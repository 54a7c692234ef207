//! The diagnostics of a text.
ghost use Rattle.std.specs.Prelude.{◌≡◌, ℕ, IfOk, List, string_bytes};
ghost use Rattle.serde_json.specs.Data.{item, no_items};
ghost use Rattle.serde_json.specs.View.{items_view, view};
ghost use Rattle.isp_lex.specs.Faults.{rule_text};
ghost use Rattle.isp_server.specs.Sent.{Judges, diagnostic, position, range};

use isp_base::{Gang, Span};
use isp_front::front;
use isp_lex::{Fault, Rule, SourceFault};
use isp_positions::position_of;
use isp_remedies::{Advice, Spot, advice_on};
use serde_json::{Value, json};
use std::alloc::{AllocError, Global};

/// The fault for which a text is refused, with its place and what is said of it, or nothing.
pub(crate) fn diagnostics(alloc: Global, gang: Gang, text: &str) -> Result<Vec<Value>, AllocError>
    ensures { IfOk result (λ found. Judges gang text.now (items_view found.items)) }
{
    match front(alloc, text, gang) {
        Ok(_program) => Ok(Vec::new(alloc)),
        Err(SourceFault::Memory) => Err(AllocError),
        Err(SourceFault::Refused(fault)) => one_fault(alloc, text, fault),
    }
}

fn one_fault(alloc: Global, text: &str, fault: Fault) -> Result<Vec<Value>, AllocError>
    ensures { IfOk result (λ found. (said : List ℕ) × (items_view found.items ≡ item (diagnostic text.now fault said) no_items)) }
{
    let said = said_of(alloc, text, fault)?;
    let found = diagnostic(alloc, text, fault, said.as_str())?;
    Ok(vec![in alloc; found]?)
}

fn diagnostic(alloc: Global, text: &str, fault: Fault, said: &str) -> Result<Value, AllocError>
    ensures { IfOk result (λ v. view v ≡ diagnostic text.now fault said.now) }
{
    let code = code_of(alloc, fault.rule)?;
    let range = range(alloc, text, fault.span)?;
    json!(in alloc; {
        "range": range,
        "severity": 1u8,
        "code": code,
        "source": "isp",
        "message": said
    })
}

fn code_of(alloc: Global, rule: Rule) -> Result<String, AllocError>
    ensures { IfOk result (λ code. string_bytes code ≡ rule_text rule) }
{
    format!(in alloc; "{rule}")
}

/// A span of a text as a range of the protocol.
pub(crate) fn range(alloc: Global, text: &str, span: Span) -> Result<Value, AllocError>
    ensures { IfOk result (λ v. view v ≡ range text.now span) }
{
    let start = position(alloc, text, span.start)?;
    let end = position(alloc, text, span.end)?;
    json!(in alloc; {"start": start, "end": end})
}

fn position(alloc: Global, text: &str, at: usize) -> Result<Value, AllocError>
    ensures { IfOk result (λ v. view v ≡ position text.now at) }
{
    let place = position_of(text.as_bytes(), at.min(text.len()));
    json!(in alloc; {"line": place.line, "character": place.character})
}

// The sentence and the fix of docs/FAULTS.md, by what stands at the place.
fn said_of(alloc: Global, text: &str, fault: Fault) -> Result<String, AllocError> {
    let code = code_of(alloc, fault.rule)?;
    let spot = Spot::new(alloc, text, fault.span)?;
    match advice_on(code.as_str()) {
        Some(advice) => advised(alloc, &advice, spot.as_ref()),
        None => Ok(String::new(alloc)),
    }
}

fn advised(alloc: Global, advice: &Advice, spot: Option<&Spot<'_>>) -> Result<String, AllocError> {
    format!(in alloc; "{}\nFix: {}", advice.sentence, advice.remedy(spot))
}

========================================================================

(Assigned task): Wherever the string "range" turns up in the material, copy the whole line.

(Expected answer):
ghost use Rattle.isp_server.specs.Sent.{Judges, diagnostic, position, range};
    let range = range(alloc, text, fault.span)?;
        "range": range,
/// A span of a text as a range of the protocol.
pub(crate) fn range(alloc: Global, text: &str, span: Span) -> Result<Value, AllocError>
    ensures { IfOk result (λ v. view v ≡ range text.now span) }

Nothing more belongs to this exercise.